Curious about the internals of dynamic dispatch

I ran some benchmarks comparing dynamic dispatch cost in Julia vs Rust.

In Julia I got the following results:

Dynamic Dispatch:
  4.677 ms (0 allocations: 0 bytes)
Static Dispatch
  159.291 μs (0 allocations: 0 bytes)

And in Rust I got the following:

Dynamic dispatch runtime: 1.62775ms
Static dispatch runtime: 156.541µs

Below is the code I ran:

Julia code:

using BenchmarkTools

abstract type A end

struct B <: A 
    b::Int64
end

struct C <: A 
    c::Int64
end

function get_val(b::B)
    b.b
end

function get_val(c::C)
    c.c
end

function dynamic_dispatch(v::Vector{A})
    sum = 0
    for a in v
        sum += get_val(a)::Int64
    end
    sum
end

function static_dispatch(v::Vector{B})
    sum = 0
    for a in v
        sum += get_val(a)::Int64
    end
    sum
end

function main()
    v1 = Vector{A}()
    v2 = Vector{B}()
    for _ in range(1,1_000_000)
        x = rand([1, 2])
        if x === 1
            push!(v1, B(1))
            push!(v2, B(1))
        else
            push!(v1, C(2))
            push!(v2, B(2))
        end
    end
    println("Dynamic Dispatch:")
    @btime dynamic_dispatch($v1)
    println("Static Dispatch")
    @btime static_dispatch($v2)
end

main()

Rust code:

trait A {
    fn get_val(&self) -> i64;
}

struct B {
    b: i64,
}

struct C {
    c: i64,
}

impl A for B {
    fn get_val(&self) -> i64 {
        self.b
    }
}

impl A for C {
    fn get_val(&self) -> i64 {
        self.c
    }
}

fn dynamic_dispatch(v: &Vec<Box<dyn A>>) -> i64 {
    let mut sum = 0;
    for ele in v {
        sum += ele.get_val();
    }
    sum
}

fn static_dispatch(v: &Vec<B>) -> i64 {
    let mut sum = 0;
    for ele in v {
        sum += ele.get_val();
    }
    sum
}

fn main() {
    let mut v1 = Vec::<Box<dyn A>>::new();
    let mut v2 = Vec::<B>::new();

    for _ in 0..1_000_000 {
        if rand::random() {
            v1.push(Box::new(B { b: 1 }));
            v2.push(B { b: 1 });
        } else {
            v1.push(Box::new(C { c: 2 }));
            v2.push(B { b: 2 });
        }
    }

    let now = std::time::Instant::now();
    let r1 = dynamic_dispatch(&v1);
    let elapsed: std::time::Duration = now.elapsed();
    println!("Dynamic dispatch runtime: {:?}", elapsed);
    let now = std::time::Instant::now();
    let r2 = static_dispatch(&v2);
    let elapsed: std::time::Duration = now.elapsed();
    println!("Static dispatch runtime: {:?}", elapsed);
    println!("{}, {}", r1, r2);
}

I ran the rust code a bunch to get multiple sample points (release build).

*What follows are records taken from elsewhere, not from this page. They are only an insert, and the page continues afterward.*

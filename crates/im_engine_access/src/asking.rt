//! What was found, asked of the lock table.

ghost use Rattle.std.specs.Prelude.{◌≡◌, Bool, None, Some, IfErr, IfOk, OnErr};
ghost use Rattle.std.specs.FinMap.{get};
ghost use Rattle.im_base_types.specs.declared.fault.Fault.TheVariants.{Memory};
ghost use Rattle.im_base_types.specs.Keys.{Key as KeyBytes};
ghost use Rattle.im_base_types.specs.Maps.{IndexMap, From, first, last_below};
ghost use Rattle.im_base_types.specs.Answers.{Fetch, Prev, found as found_reply};
ghost use Rattle.im_engine_locks.specs.Found.{name_below};
ghost use Rattle.im_engine_locks.specs.Requests.{named, named_if};
ghost use Rattle.im_theory_machine.specs.Rows.{name_of, next_name};
ghost use Rattle.im_theory_machine.specs.Table.{SameLasting, SameTable};
ghost use Rattle.im_tree_search.specs.Levels.{start_at};
ghost use Rattle.im_tree_search.specs.NextKeys.{IsWithin};
ghost use Rattle.im_engine_access.specs.LockAnswers.{as_found, entry_found, verdict_of, IfGranted, name_in as name_among, seek_at};
ghost use Rattle.im_engine_access.specs.Reads.{IsRead};

use crate::lock_answer::LockAnswer;
use im_base_types::{Fault, Key, Rid, TxnId};
use im_engine_locks::{LockTable, Name, fetch_row, prev_row, seek_row};
use im_page::Page;
use im_theory_machine::Verdict;
use im_tree_search::NextKey;

/// The name of the next key beside a leaf.
pub fn name_in<'a>(leaf: &'a Page, next: &'a NextKey) -> Name<'a>
    requires { IsWithin leaf.now.body.entries next.now }
    ensures { named result ≡ name_among leaf.now.body.entries next.now }
{
    match next {
        NextKey::Here(at) => Name::Key(leaf.key(*at)),
        NextKey::There(key) => Name::Key(key.bytes()),
        NextKey::End => Name::End,
    }
}

/// The outcome of a verdict: where the locks are granted, this value is the step's.
pub fn outcome_of<T: Drop>(verdict: Verdict, value: T) -> LockAnswer<T>
    ensures verdict { verdict_of result ≡ verdict }
    ensures value { IfGranted result (λ x. x ≡ value) }
{
    match verdict {
        Verdict::Granted => LockAnswer::Granted(value),
        Verdict::Wait(holder) => LockAnswer::Wait(holder),
        Verdict::Die => LockAnswer::Die,
    }
}

// The name of what was found.
pub(crate) fn name_found(found: &Option<(Box<Key>, Rid)>) -> Name<'_>
    ensures { named result ≡ name_of (as_found found.now) }
{
    match found {
        Some((key, _)) => Name::Key(key.bytes()),
        None => Name::End,
    }
}

// The name of what was found below a key, where anything was.
pub(crate) fn name_if_found(found: &Option<(Box<Key>, Rid)>) -> Option<Name<'_>>
    ensures { named_if result ≡ name_below (as_found found.now) }
{
    match found {
        Some((key, _)) => Some(Name::Key(key.bytes())),
        None => None,
    }
}

// Asks what a Fetch asks of a key that is there.
pub(crate) fn ask_there(
    locks: &mut LockTable,
    transaction: TxnId,
    key: &[u8],
    rid: Rid,
) -> Result<LockAnswer<Option<Rid>>, Fault>
    ensures read { (m : IndexMap) → get m key.now ≡ Some rid → IfOk result (IsRead found_reply transaction (Fetch key.now) m locks.old locks.new) }
    ensures memory { IfErr result (λ e. e ≡ Memory) }
    ensures table { OnErr result (SameTable locks.old locks.new) }
    ensures lasting { OnErr result (SameLasting locks.old locks.new) }
{
    let row = fetch_row(key, true, Name::End);
    let verdict = locks.try_all(transaction, row.as_slice())?;
    Ok(outcome_of(verdict, Some(rid)))
}

// Asks what a Fetch asks of a key that is not there: the name after it, beside its leaf.
pub(crate) fn ask_gap(
    locks: &mut LockTable,
    transaction: TxnId,
    key: &[u8],
    leaf: &Page,
    next: &NextKey,
) -> Result<LockAnswer<Option<Rid>>, Fault>
    requires { IsWithin leaf.now.body.entries next.now }
    ensures read { (m : IndexMap) → get m key.now ≡ None → name_among leaf.now.body.entries next.now ≡ next_name m key.now → IfOk result (IsRead found_reply transaction (Fetch key.now) m locks.old locks.new) }
    ensures memory { IfErr result (λ e. e ≡ Memory) }
    ensures table { OnErr result (SameTable locks.old locks.new) }
    ensures lasting { OnErr result (SameLasting locks.old locks.new) }
{
    let row = fetch_row(key, false, name_in(leaf, next));
    let verdict = locks.try_all(transaction, row.as_slice())?;
    Ok(outcome_of(verdict, None))
}

// Asks the lock of the entry that a search found from a key on, or from above it; else that of the name past the last key.
pub(crate) fn ask_found(
    locks: &mut LockTable,
    transaction: TxnId,
    found: Option<(Box<Key>, Rid)>,
) -> Result<LockAnswer<Option<(Box<Key>, Rid)>>, Fault>
    ensures read { (m : IndexMap) (key : KeyBytes) (inclusive : Bool) → as_found found ≡ first (start_at inclusive key) m → IfOk result (IsRead entry_found transaction (seek_at inclusive key) m locks.old locks.new) }
    ensures memory { IfErr result (λ e. e ≡ Memory) }
    ensures table { OnErr result (SameTable locks.old locks.new) }
    ensures lasting { OnErr result (SameLasting locks.old locks.new) }
{
    let row = seek_row(name_found(&found));
    let verdict = locks.try_all(transaction, row.as_slice())?;
    Ok(outcome_of(verdict, found))
}

// Asks the locks of what a search found around a key: of the first entry at or above it, else of the name past the last key, and of the
// last below it, which is answered.
pub(crate) fn ask_around(
    locks: &mut LockTable,
    transaction: TxnId,
    below: Option<(Box<Key>, Rid)>,
    next: Option<(Box<Key>, Rid)>,
) -> Result<LockAnswer<Option<(Box<Key>, Rid)>>, Fault>
    ensures read { (m : IndexMap) (key : KeyBytes) → as_found below ≡ last_below key m → as_found next ≡ first (From key) m → IfOk result (IsRead entry_found transaction (Prev key) m locks.old locks.new) }
    ensures memory { IfErr result (λ e. e ≡ Memory) }
    ensures table { OnErr result (SameTable locks.old locks.new) }
    ensures lasting { OnErr result (SameLasting locks.old locks.new) }
{
    let row = prev_row(name_if_found(&below), name_found(&next));
    let verdict = locks.try_all(transaction, row.as_slice())?;
    Ok(outcome_of(verdict, below))
}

Basically the static dispatch has the same performance, but Rust’s dynamic dispatch is significantly faster. This matches my general feel for Julia’s dynamic dispatch. It just feels a little slower than I expected relative to method lookups in the other “fast” languages like C++ and Rust. Is there a good reason for this? Is there some dynamic behavior allowed in Julia that is not in the other languages that makes Julia this much slower when it comes to dynamic dispatch?